# Size of crate



## Vonwhitehall (Dec 4, 2016)

Hi, all. I'm planning on purchasing crates online this weekend to get ready to start my puppy litter with crate training. I just want them to get familiar and comfortable being in their own crate. I plan on sending the pups home in the crate they use. My question is does anyone have an idea what size crate to get a puppy that is 6-10 weeks old? They are 6 weeks now and going home between 8 and 10 weeks. I am out of the loop as I can't remember what size I got for my bitch when she was little! Please keep in mind these are just "starter" crates and the new owner will be expected to purchase a new crate as the pup grows.....

As a side note, yes...this was a planned litter with the sire and dam holding 15 titles between them (7/8 split) and 15 health clearances (6/9 split). I bred my exceptional bitch to produce my next competition dog (my bitch is nationally ranked in obedience and both parents are each titled in 3 different performance areas as well as holding TC, TDI, and CGC titles). All the rest of the puppies have been sold to excellent homes. 
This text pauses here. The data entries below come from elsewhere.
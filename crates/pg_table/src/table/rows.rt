//! The rows of a table: those of several lengths, one of texts beside each other, one more, how many there are, and
//! their texts.

ghost use Rattle.std.specs.Prelude.{◌≡◌, ◌==◌, ◌&&◌, ◌++◌, ◌∷◌, [], ℕ, if◌then◌else◌, is_some, length, map, nat_lt, None, Some, Err, IfOk, IfSome, OnErr, OnOk};
ghost use Rattle.pg_layout.specs.Records.{cell_of, columns_of, ragged_row, text_at, with_cell};
ghost use Rattle.pg_layout.specs.Text.{greatest};
ghost use Rattle.pg_table.specs.Even.{IsNarrowLook};
ghost use Rattle.pg_table.specs.OwnRows.{padded, padded_to, spaced_config, texts_of, with_panel_row};
ghost use Rattle.pg_table.specs.Printing.{ascii_config};

use crate::fault::TableFault;
use crate::table::Table;
use pg_config::SpannedConfig;
use pg_layout::{Entity, Indent, PeekableRecords, Position, PushFault, Sides, VecRecords};
use std::alloc::{AllocError, Allocator};
use std::convert::AsStr;

impl<T: AsStr + Drop + Copy, A: Allocator + Copy> Table<T, A> {
    /// A table of rows that may differ in length: a row that is shorter than the longest one gets
    /// fillers, such as `""`, behind its cells. Otherwise like [`Table::new`].
    ///
    /// Allocates only for rows that grow. The only error is `Memory`, after which the rows are
    /// dropped.
    ///
    /// ```text
    /// let table = Table::padded(alloc, vec![in alloc; heading, lunch, dinner]?, "")?;
    /// ```
    pub fn padded(
        alloc: A,
        mut rows: Vec<Vec<T, A>, A>,
        filler: T,
    ) -> Result<Table<T, A>, TableFault>
        ensures table { IfOk result (λ table. table ≡ record { rows = padded filler (map (λ row. row.items) rows.items); config = ascii_config; colors = [] }) }
        ensures memory { (fault : TableFault) → result ≡ Err fault → fault ≡ TableFault.Memory }
        ensures narrow { IfOk result (λ table. IsNarrowLook table.config) }
    {
        let columns = longest(&rows);
        pad(&mut rows, columns, filler)?;
        Table::new(alloc, rows)
    }
}

impl<T: AsStr + Drop, A: Allocator + Copy> Table<T, A> {
    /// Texts beside each other, such as printed tables: a table of one row without borders, in
    /// which each text but the first has so many spaces at its left.
    ///
    /// The only error is `Memory`, after which the texts are dropped.
    ///
    /// ```text
    /// let both = Table::beside(alloc, vec![in alloc; left, right]?, 2)?.to_string(alloc)?;
    /// ```
    pub fn beside(alloc: A, texts: Vec<T, A>, gap: usize) -> Result<Table<T, A>, TableFault>
        ensures table { IfOk result (λ table. table ≡ record { rows = texts.items ∷ []; config = spaced_config gap; colors = [] }) }
        ensures memory { (fault : TableFault) → result ≡ Err fault → fault ≡ TableFault.Memory }
        ensures narrow { IfOk result (λ table. IsNarrowLook table.config) }
    {
        let config = spaced_config(alloc, gap)?;
        let mut row = Vec::with_capacity(alloc, 1)?;
        row.push(texts)?;
        Ok(Table::new(alloc, row)?.with_config(config))
    }
}

impl<T: Drop, A: Allocator> Table<T, A> {
    /// Adds a row below the others: a vector of as many texts as the other rows have. Settings and
    /// colours stay; a line below the header keeps its places.
    ///
    /// The error is `Ragged` with the row's number, counted from 0, if there is a row 0 of another
    /// length, else `Memory` if memory is refused. After either the table is unchanged, and the row
    /// is dropped. In a table without rows the first one may have any length.
    ///
    /// ```text
    /// let mut table = Table::new(alloc, Vec::new(alloc))?;
    /// table.push_row(vec![in alloc; "tea", "12"]?)?;
    /// ```
    pub fn push_row(&mut self, row: Vec<T, A>) -> Result<(), TableFault>
        ensures ok { OnOk result (self.new ≡ record self.old { rows = self.old.rows ++ row.items ∷ [] }) }
        ensures err { OnErr result (self.new ≡ self.old) }
        ensures narrow { IsNarrowLook self.old.config → IsNarrowLook self.new.config }
        ensures ragged { (number : ℕ) → ragged_row (self.old.rows ++ row.items ∷ []) ≡ Some number → result ≡ Err (TableFault.Ragged number) }
        ensures memory { (fault : TableFault) → ragged_row (self.old.rows ++ row.items ∷ []) ≡ None → result ≡ Err fault → fault ≡ TableFault.Memory }
    {
        match self.records.push_row(row) {
            Ok(()) => Ok(()),
            Err(PushFault::Ragged(number)) => Err(TableFault::Ragged(number)),
            Err(PushFault::Memory) => Err(TableFault::Memory),
        }
    }
}

impl<T: AsStr + Drop + Copy, A: Allocator> Table<T, A> {
    /// The table with one more row below the others, whose first cell takes all columns: a panel of
    /// this text. It has as many cells as the other rows, all of this text; without rows it has one.
    ///
    /// The lines above and below keep their crossings until [`Table::with_span_crossings`] redraws them,
    /// also those of the frame. The only error is `Memory`, after which the table is dropped.
    ///
    /// ```text
    /// let table = table.with_panel_row(alloc, "2 items")?.with_span_crossings(alloc, Borders::modern())?;
    /// ```
    pub fn with_panel_row(mut self, alloc: A, text: T) -> Result<Table<T, A>, TableFault>
    where
        A: Clone,
        ensures ok { IfOk result (λ table. table ≡ with_panel_row text self) }
        ensures memory { (fault : TableFault) → result ≡ Err fault → fault ≡ TableFault.Memory }
        ensures narrow { IsNarrowLook self.config → IfOk result (λ table. IsNarrowLook table.config) }
    {
        let rows = self.count_rows();
        let mut row = Vec::new(alloc);
        pad_row(&mut row, self.count_panel_cells(), text)?;
        // A row of as many cells as the others is refused only if memory is.
        match self.push_row(row) {
            Ok(()) => self.with_panel(rows),
            Err(_) => Err(TableFault::Memory),
        }
    }

    // How many cells a panel's row has: as many as the other rows, or one without rows.
    fn count_panel_cells(&self) -> usize
        ensures { result ≡ (if length self.now.rows == 0 then 1 else columns_of self.now.rows) }
    {
        let (rows, columns) = self.size();
        if rows == 0 { 1 } else { columns }
    }
}

impl<T: Drop, A: Allocator> Table<T, A> {
    /// Puts a text in the place of a cell's, which it returns. Outside of the table nothing changes, and
    /// `None` is returned.
    ///
    /// ```text
    /// table.set_text(Position::new(1, 1), "13");
    /// ```
    pub fn set_text(&mut self, pos: Position, text: T) -> Option<T>
        ensures table { self.new ≡ record self.old { rows = with_cell pos text self.old.rows } }
        ensures former { result ≡ cell_of pos self.old.rows }
        ensures narrow { IsNarrowLook self.old.config → IsNarrowLook self.new.config }
    {
        self.records.replace(pos, text)
    }
}

impl<T: AsStr + Drop, A: Allocator> Table<T, A> {
    /// How many rows there are.
    pub fn count_rows(&self) -> usize
        ensures { result ≡ length self.now.rows }
    {
        self.size().0
    }

    /// How many columns there are: as many as row 0 has texts, and none without rows.
    pub fn count_columns(&self) -> usize
        ensures { result ≡ columns_of self.now.rows }
    {
        self.size().1
    }

    /// The text of a cell, or `None` for a place outside of the table.
    pub fn text(&self, pos: Position) -> Option<&str>
        ensures inside { is_some result ≡ (nat_lt pos.row (length self.now.rows) && nat_lt pos.col (columns_of self.now.rows)) }
        ensures text { IfSome result (λ text. text.now ≡ text_at (texts_of T.text self.now) pos) }
    {
        let (rows, columns) = self.size();
        if pos.row < rows && pos.col < columns {
            Some(self.records.get_text(pos))
        } else {
            None
        }
    }

    /// The rows themselves, as records: for `iter_rows`, or for another printer.
    pub fn records(&self) -> &VecRecords<T, A>
        ensures { result.now ≡ self.now.rows }
    {
        &self.records
    }
}

// The settings of texts beside each other: no borders, and so many spaces left of each but the first.
fn spaced_config<A: Allocator + Copy>(alloc: A, gap: usize) -> Result<SpannedConfig<A>, AllocError>
    ensures { IfOk result (λ config. config ≡ spaced_config gap) }
{
    let mut config = SpannedConfig::new(alloc);
    let none = Sides::filled(Indent::zero());
    let left = Indent::spaced(gap);
    config.set_padding(Entity::Global, Sides { left, ..none })?;
    config.set_padding(Entity::Column(0), none)?;
    Ok(config)
}

// The length of the longest row, or 0 without rows.
fn longest<T, A: Allocator>(rows: &[Vec<T, A>]) -> usize
    ensures { result ≡ greatest (map (λ row. length row.items) rows.now) }
{
    rows.iter().fold(0, |columns, row| columns.max(row.len()))
}

// Gives each row at least so many cells.
fn pad<T: Drop + Copy, A: Allocator>(
    rows: &mut Vec<Vec<T, A>, A>,
    columns: usize,
    filler: T,
) -> Result<(), AllocError>
    ensures { OnOk result (map (λ row. row.items) rows.new.items ≡ map (padded_to columns filler) (map (λ row. row.items) rows.old.items)) }
{
    for row in 0..rows.len() {
        pad_row(&mut rows[row], columns, filler)?;
    }
    Ok(())
}

// Gives a row at least so many cells.
fn pad_row<T: Drop + Copy, A: Allocator>(
    row: &mut Vec<T, A>,
    columns: usize,
    filler: T,
) -> Result<(), AllocError>
    ensures { OnOk result (row.new.items ≡ padded_to columns filler row.old.items) }
{
    let cells = row.len().max(columns);
    row.resize(cells, filler)
}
So, hoping people can give me some size ideas as to what size crate their 8-10 week old puppy used and the dimensions!! I tried another GSD forum but it has a history of being unkind to posters so hoping a found a new home here! Planning on ordering cares today and could really use your input!! Thank you!


----------



## lhczth (Apr 5, 2000)

I like starting them in the 200 size and then eventually moving them to a 300. The 200 are small enough for good crate training and works well for young puppies.


----------



## Deb (Nov 20, 2010)

I like a 200 for a puppy to start in as well.


----------